Work instruction>
Beginning with the line that holds "pub fn is_answered(alloc: Global, case: &Case<'_>, failing: u64)", set down each line of the data below through the very last, exactly as given, and nothing beyond that.
|---|
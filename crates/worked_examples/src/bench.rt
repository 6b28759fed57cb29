//! The workbench over a shelf and a sink in memory. What a call has is owned at one place, and lent
//! to all else.
ghost use Rattle.std.specs.Prelude.{◌<◌};

use example_nets::{shelf_of, sink_of, words_of};
use std::alloc::Global;
use std::test::Fail;
use teg_outside::{MemoryShelf, MemorySink, Monitor};
use teg_run::{Status, serve, workbench};

/// A case: the words, what the files named `net` and `second` hold, how the call ends, and what it
/// writes.
pub type Case<'a> = (&'a [&'a str], &'a str, &'a str, Status, &'a str);

/// A sink: how much a call takes, at least 1, for how much there is room, and which writes fail.
pub type Room<'a> = (usize, usize, &'a [u64]);

/// A sink of which a call takes everything.
pub const WIDE: Room<'static> = (65_536, 65_536, &[]);

/// All that a call has: its words, a shelf with two files, named `net` and `second`, and a sink.
#[derive(Drop)]
pub struct Bench {
    words: Vec<String>,
    shelf: MemoryShelf,
    out: MemorySink,
}

impl Bench {
    /// A bench whose reads with these numbers fail.
    pub fn new(
        alloc: Global,
        words: &[&str],
        files: (&[u8], &[u8]),
        failing: &[u64],
        into: Room<'_>,
    ) -> Result<Bench, Fail>
        requires { 0 < into.0 }
    {
        let (net, second) = files;
        let (most, room, writes) = into;
        let words = words_of(alloc, words)?;
        let shelf = shelf_of(alloc, &[("net", net), ("second", second)], failing)?;
        let out = sink_of(alloc, most, room, writes)?;
        Ok(Bench { words, shelf, out })
    }

    /// How the call ends with these monitors.
    pub fn run(&mut self, alloc: Global, monitors: Vec<Box<dyn Monitor>>) -> Status {
        workbench(alloc, &self.words, &mut self.shelf, &mut self.out, monitors)
    }

    /// How it ends where these are lent to it.
    pub fn serve(&mut self, alloc: Global, monitors: &mut [Box<dyn Monitor>]) -> Status {
        serve(alloc, &self.words, &mut self.shelf, &mut self.out, monitors)
    }

    /// What it wrote.
    pub fn written(&self) -> &[u8] {
        self.out.contents()
    }

    /// Whether the call without monitors ends so, and writes just this text.
    pub fn ends_so(&mut self, alloc: Global, status: Status, text: &str) -> bool {
        self.run(alloc, Vec::new(alloc)) == status && self.written() == text.as_bytes()
    }
}

/// Whether a call without monitors, of which this read fails, ends as the case says, and writes
/// just its text.
pub fn is_answered(alloc: Global, case: &Case<'_>, failing: u64) -> Result<bool, Fail> {
    let (words, net, second, status, text) = *case;
    let files = (net.as_bytes(), second.as_bytes());
    let mut bench = Bench::new(alloc, words, files, &[failing], WIDE)?;
    Ok(bench.ends_so(alloc, status, text))
}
|---|
Answer for the task>
pub fn is_answered(alloc: Global, case: &Case<'_>, failing: u64) -> Result<bool, Fail> {
    let (words, net, second, status, text) = *case;
    let files = (net.as_bytes(), second.as_bytes());
    let mut bench = Bench::new(alloc, words, files, &[failing], WIDE)?;
    Ok(bench.ends_so(alloc, status, text))
}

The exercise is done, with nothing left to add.